# 3 Bildschirme - Unterschiedliche Größe



## Lost-Wolf (23. April 2015)

*3 Bildschirme - Unterschiedliche Größe*

Zurzeit besitze ich zwei 27" Bildschirme mit einer Auflösung von 1920*1080.
Ich überlege mir ein drittes zuzulegen. Mit 4k Auflösung für die Mitte. Sowas mit 28-30 Zoll.
Seit Win8.1 müsste ich ja für jeden Bildschirm unterschiedlich skallieren können; also das ganze so für den Desktop einstellen, das auf allen Monitoren die Symbole etc. fast gleich groß sind.
Wie sieht es aber in Spielen aus, die über drei Monitore laufen.
Ist es 1. möglich alle drei mit jeweils der Auflösung 1920*1080 (mehr macht die GPU ja nicht mit  ) anzusteuern?
Und wie bekomme ich es hin, das trotz der unterschiedlichen Monitorgröße die Übergänge ungefähr gleich am Rand sind und Objekte die über diesen gehen nicht verschoben sind?
Zum Einsatz kommen soll wohl eine GTX970.


----------



## plaenky (24. April 2015)

*AW: 3 Bildschirme - Unterschiedliche Größe*

Ich habe mir vor kurzem einen 21:9 1440p Monitor mit 34" zugelegt und den neben meinen alten Fullhd 24" Monitor gestellt.
In Windows sind die Icone alle schön gleich gross.
Ich habe mir dann auch mal kurz meinen Tv angeschlossen um beim spielen das tripplemonitorsetting kurz zu testen.
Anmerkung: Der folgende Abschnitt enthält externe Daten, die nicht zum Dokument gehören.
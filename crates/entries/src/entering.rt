ghost use Rattle.std.specs.Prelude.{◌≡◌, []};
ghost use Rattle.entries.specs.Table.{Adds, values};

use crate::table::Entries;
use entry::EntryRefusal;
use labels::LIMIT;

impl<V: Copy> Entries<V> {
    /// No entries yet. The places that are free hold `filler`, which is never answered.
    // By itself: put into its caller, it would have the compiler copy all places there, field by field.
    #[inline(never)]
    pub fn new(filler: V) -> Entries<V>
        ensures { values result ≡ [] }
    {
        Entries {
            places: [filler; LIMIT],
            used: 0,
        }
    }

    /// Adds the value of the next label. Refused, with nothing changed, if there can be no such label.
    pub fn add(&mut self, value: V) -> Result<(), EntryRefusal>
        ensures { Adds values self.old value result self.new }
    {
        if self.used as usize == LIMIT {
            return Err(EntryRefusal::TooManyLabels);
        }
        self.places[self.used as usize] = value;
        self.used += 1;
        Ok(())
    }
}
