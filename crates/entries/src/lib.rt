//! What is entered for the labels 1, 2, .. in turn: one table for values of any type.
#![tactic(auto)]

mod entering;
mod reading;
mod table;

pub use table::Entries;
In fullhd hat es auch sofort ohne Probleme funktioniert und auch gut ausgesehen. Nur zum spielen ist da meine 7970 dann doch zu schwach.
Für die Einstellung der Höhe der Bildschirme müsste ich noch einmal alles aktivieren und genau durchtestrn. Ich habe aber wie geschrieben eine AMD Karte. Ich weis nicht in wie weit NVIDIA da die Einstellungen hat.


----------



## Lost-Wolf (24. April 2015)

*AW: 3 Bildschirme - Unterschiedliche Größe*

naja, bei zwei Bildschirmen mit der gleichen Auflösung aber unterschiedlicher Größe müssen! die Symbole unterschiedlich groß sein....


----------



## HisN (24. April 2015)

*AW: 3 Bildschirme - Unterschiedliche Größe*

Nö. Is nicht mit unterschiedlichen Auflösungen bei NV.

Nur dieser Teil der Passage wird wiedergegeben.